Where offences occur on separate occasions and involve separate transactions, cumulative sentences will generally be called for unless the totality principle requires another approach

Criminal

In instant case, the Appellant was sentenced in the Fremantle Magistrates Court to a total effective sentence of 4 years' imprisonment in respect of 46 offences. The nature of those offences and the individual sentences imposed are set out in the table which is annexed to these reasons. By an appeal notice filed on 22 August 2017, the Appellant sought leave to appeal against his sentence. The appeal notice was filed four days late. The appellant was unable to obtain legal aid and represented himself in the appeal. In the circumstances the delay was not great and an extension of time was granted.

There was a single ground of appeal, which in essence is that the total effective sentence of 4 years infringed the totality principle. The appellant relied on both limbs of the totality principle, that is he said that the total sentence was disproportionate to his offending and was also crushing.

An appeal against sentence depends on finding error, either express or implied. If an implied error is alleged, the question is not what sentence the appeal court would impose if it were the primary court, but whether the discretion of the primary court miscarried. The practical effect of the totality principle is ordinarily to arrive at an aggregate sentence that is less than that to be arrived at by simply adding up all the terms appropriate for the individual offences. Where the principle of totality is an issue, it is of relatively little importance how the aggregate is made up. Where offences occur on separate occasions and involve separate transactions, cumulative sentences will generally be called for unless the totality principle requires another approach. Where the aggregate sentence is appropriate and does no more than reflect the crimes committed, the totality principle will not be breached.

The Appellant's offending was clearly serious. It included 10 burglaries and five aggravated burglaries on business premises, three offences of stealing motor vehicles and two offences of stealing motor vehicles and driving recklessly to escape police pursuit. The magistrate was undoubtedly correct in characterising the offending as a spree that involved systematic and planned conduct engaged in for significant reward.

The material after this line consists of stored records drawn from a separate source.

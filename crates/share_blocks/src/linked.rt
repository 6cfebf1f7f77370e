//! Covered ranges as pieces that are linked to the tags that they have.
ghost use Rattle.std.specs.Prelude.{◌≡◌, ◌+◌, ◌≤◌, ◌<◌, length, map, filter, vec_len, nat_lt, IsTrue, IfOk, OnOk, OnErr, find};
ghost use Rattle.std.specs.Vec.{vec_capacity};
ghost use Rattle.std.specs.Map.{keys_of};
ghost use Rattle.std.specs.FinSet as set;
ghost use Rattle.share_blocks.specs.Cuts.{rise_from};
ghost use Rattle.share_blocks.specs.LinkedPieces.{AreLinked, LinksGoBack, begun_between, is_among_first, linked_pieces, marks_of, newest_at, split_before, split_after, tagged_at, tagged_each, tags_by, tags_of_nodes};
ghost use Rattle.share_blocks.specs.Pieces.{covered, is_place, ranges_of, tags_at};

use crate::admitted::Admitted;
use crate::blocks::Blocks;
use crate::cuts::parted_at;
use crate::tag::Tag;
use desk_words::{MOST_PLACES, Range};
use std::alloc::{AllocError, Global};
use std::collections::BTreeMap;
use std::marker::Model;
use std::ops::Bound;

/// A tag, and where the node stands that it came over, if there was one.
#[derive(Clone, Copy, PartialEq, Eq)]
struct Node {
    tag: Tag,
    older: Option<usize>,
}

/// Where pieces begin, each with its newest node, and the nodes. Places before the first of them
/// have no node. The parts of a piece that is parted share its nodes. Contracts see the pieces.
///
/// To cover a range takes one node for each piece within it, and for each about as many steps as
/// the number of pieces has binary digits. `pieces` goes over them once. `first_where` finds the
/// piece of the place in about as many steps, and then goes down its tags to the first that is
/// admitted.
#[derive(Drop)]
pub struct LinkedBlocks {
    newest: BTreeMap<u64, Option<usize>>,
    nodes: Vec<Node>,
}

impl Model for LinkedBlocks {
    ghost use Rattle.std.specs.Prelude.{List};
    ghost use Rattle.share_blocks.specs.LinkedPieces.{AreLinked, linked_pieces};
    ghost use Rattle.share_blocks.specs.Pieces.{Piece};

    ghost Value = { List Piece };

    ghost view = { λ b. linked_pieces b.newest.entries b.nodes.items };

    ghost invariant = { λ b. AreLinked b.newest.entries b.nodes.items };
}

impl Blocks for LinkedBlocks {
    ghost pieces = { λ b. b };

    fn new(alloc: Global) -> Self {
        Self {
            newest: BTreeMap::new(alloc),
            nodes: Vec::new(alloc),
        }
    }

    fn cover(&mut self, range: Range, tag: Tag) -> Result<(), AllocError> {
        cover_pieces(&mut self.newest, &mut self.nodes, range, tag)
    }

    fn pieces(&self) -> Result<Vec<Range>, AllocError> {
        let alloc = *self.nodes.allocator();
        let cuts = begins_past(alloc, &self.newest, 1, MOST_PLACES)?;
        parted_at(alloc, cuts.as_slice())
    }

    fn first_where(&self, place: u64, admitted: &Admitted) -> Option<Tag> {
        if place <= MOST_PLACES {
            let newest = newest_at(&self.newest, place);
            first_admitted(self.nodes.as_slice(), newest, admitted)
        } else {
            None
        }
    }
}

/// The newest node of a place, if it has one.
fn newest_at(newest: &BTreeMap<u64, Option<usize>>, place: u64) -> Option<usize>
    ensures { result ≡ newest_at newest.now.entries place }
{
    match newest.range(..=place).next_back() {
        Some((_, node)) => *node,
        None => None,
    }
}

/// The first admitted tag of a node and of those below it.
fn first_admitted(nodes: &[Node], newest: Option<usize>, admitted: &Admitted) -> Option<Tag>
    requires node { IsTrue (is_among_first (length nodes.now) newest) }
    requires back { LinksGoBack nodes.now }
    ensures { result
        ≡ find (set.contains admitted.now) (tags_by (tags_of_nodes nodes.now) newest) }
{
    let mut next = newest;
    while let Some(index) = next {
        let node = nodes[index];
        if admitted.has(node.tag) {
            return Some(node.tag);
        }
        next = node.older;
    }
    None
}

/// Where pieces begin past a place and up to another.
fn begins_past(
    alloc: Global,
    newest: &BTreeMap<u64, Option<usize>>,
    place: u64,
    last: u64,
) -> Result<Vec<u64>, AllocError>
    requires { place ≤ last }
    ensures { IfOk result
        (λ places. places.items ≡ keys_of (begun_between place last newest.now.entries)) }
{
    newest
        .range((Bound::Excluded(place), Bound::Included(last)))
        .map(|(begin, _)| *begin)
        .collect(alloc)
}

/// Parts the piece of a place before the place; both parts keep its newest node. With
/// `AllocError`, all stays as it was.
fn part(newest: &mut BTreeMap<u64, Option<usize>>, place: u64) -> Result<(), AllocError>
    ensures ok { OnOk result (newest.new.entries ≡ split_before place newest.old.entries) }
    ensures err { OnErr result (newest.new.entries ≡ newest.old.entries) }
{
    let node = newest_at(newest, place);
    newest.insert(place, node)?;
    Ok(())
}

/// Parts the piece of a place behind the place, if there is a place behind it. With `AllocError`,
/// all stays as it was.
fn part_behind(newest: &mut BTreeMap<u64, Option<usize>>, place: u64) -> Result<(), AllocError>
    requires { place ≤ MOST_PLACES }
    ensures ok { OnOk result (newest.new.entries ≡ split_after place newest.old.entries) }
    ensures err { OnErr result (newest.new.entries ≡ newest.old.entries) }
{
    if place < MOST_PLACES {
        part(newest, place + 1)?;
    }
    Ok(())
}

/// Parts the pieces where a range begins and behind its end. With `AllocError`, all stays as it
/// was.
fn part_off(newest: &mut BTreeMap<u64, Option<usize>>, range: Range) -> Result<(), AllocError>
    requires { IsTrue (rise_from 0 (keys_of newest.old.entries)) }
    ensures ok { OnOk result
        (newest.new.entries ≡ split_after range.to (split_before range.from newest.old.entries)) }
    ensures err { OnErr result (newest.new.entries ≡ newest.old.entries) }
{
    let begins = newest.contains_key(&range.from());
    part(newest, range.from())?;
    if let Err(error) = part_behind(newest, range.to()) {
        if !begins {
            let _ = newest.remove(&range.from());
        }
        return Err(error);
    }
    Ok(())
}

/// Puts a tag in front of those of the piece that begins at a place.
fn tag_piece(newest: &mut BTreeMap<u64, Option<usize>>, nodes: &mut Vec<Node>, place: u64, tag: Tag)
    requires linked { AreLinked newest.old.entries nodes.old.items }
    requires room { vec_len nodes.old < vec_capacity nodes.old }
    ensures linked { AreLinked newest.new.entries nodes.new.items }
    ensures marks { marks_of newest.new.entries nodes.new.items
        ≡ map (tagged_at place tag) (marks_of newest.old.entries nodes.old.items) }
    ensures keys { keys_of newest.new.entries ≡ keys_of newest.old.entries }
    ensures one_more { vec_len nodes.new ≤ vec_len nodes.old + 1 }
    ensures room { vec_capacity nodes.old ≤ vec_capacity nodes.new }
{
    if let Some(node) = newest.get_mut(&place) {
        let index = nodes.len();
        let _ = nodes.push(Node { tag, older: *node });
        *node = Some(index);
    }
}

/// Puts a tag in front of those of the pieces that begin at the places.
fn tag_pieces(
    newest: &mut BTreeMap<u64, Option<usize>>,
    nodes: &mut Vec<Node>,
    places: &[u64],
    tag: Tag,
)
    requires linked { AreLinked newest.old.entries nodes.old.items }
    requires room { vec_len nodes.old + length places.now ≤ vec_capacity nodes.old }
    ensures linked { AreLinked newest.new.entries nodes.new.items }
    ensures marks { marks_of newest.new.entries nodes.new.items
        ≡ tagged_each tag (marks_of newest.old.entries nodes.old.items) places.now }
{
    for place in places {
        tag_piece(newest, nodes, *place, tag);
    }
}

/// Covers a range: parts it off, and puts the tag in front of those of the pieces within it. With
/// `AllocError`, all stays as it was.
fn cover_pieces(
    newest: &mut BTreeMap<u64, Option<usize>>,
    nodes: &mut Vec<Node>,
    range: Range,
    tag: Tag,
) -> Result<(), AllocError>
    requires { AreLinked newest.old.entries nodes.old.items }
    ensures linked { AreLinked newest.new.entries nodes.new.items }
    ensures ok { OnOk result
        (linked_pieces newest.new.entries nodes.new.items
        ≡ covered range tag (linked_pieces newest.old.entries nodes.old.items)) }
    ensures bound { OnOk result
        (length (linked_pieces newest.new.entries nodes.new.items)
        ≤ length (linked_pieces newest.old.entries nodes.old.items) + 2) }
    ensures err { OnErr result
        (linked_pieces newest.new.entries nodes.new.items
        ≡ linked_pieces newest.old.entries nodes.old.items) }
{
    let later = begins_past(*nodes.allocator(), newest, range.from(), range.to())?;
    nodes.reserve(later.len() + 1)?;
    part_off(newest, range)?;
    tag_piece(newest, nodes, range.from(), tag);
    tag_pieces(newest, nodes, later.as_slice(), tag);
    Ok(())
}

The Appellant was given an appropriate discount to reflect those pleas. He was a mature man at the time of the offending who made a deliberate decision to engage in the offences and persisted in them over a six-week period. The most weighty factors in this case were personal and general deterrence. Factors personal to the appellant, such as the impact on his family, could not be given great weight. The sentencing magistrate properly took into account the need to arrive at a just and appropriate aggregate sentence. She was clearly conscious of the objective seriousness of the offending conduct. The total effective sentence is an appropriate reflection of the total criminality and is not one that can be said to be outside the sound range of discretionary judgment.

As to whether the sentence was crushing, a crushing sentence is one that deprives a person being sentenced of any reasonable expectation of a useful life after release. The Appellant was 30 years old at the time of the offending. He will still be a relatively young man, when he becomes eligible for parole. Without under-estimating the effect that, imprisonment will have upon him, it could not be said that at the time he becomes eligible for parole he could not have any reasonable expectation of a useful life. The sentence cannot properly be described as one that is crushing in the proper sense. Leave to appeal was refused. Unless leave is granted in respect of a ground of appeal, the appeal is taken to have been dismissed.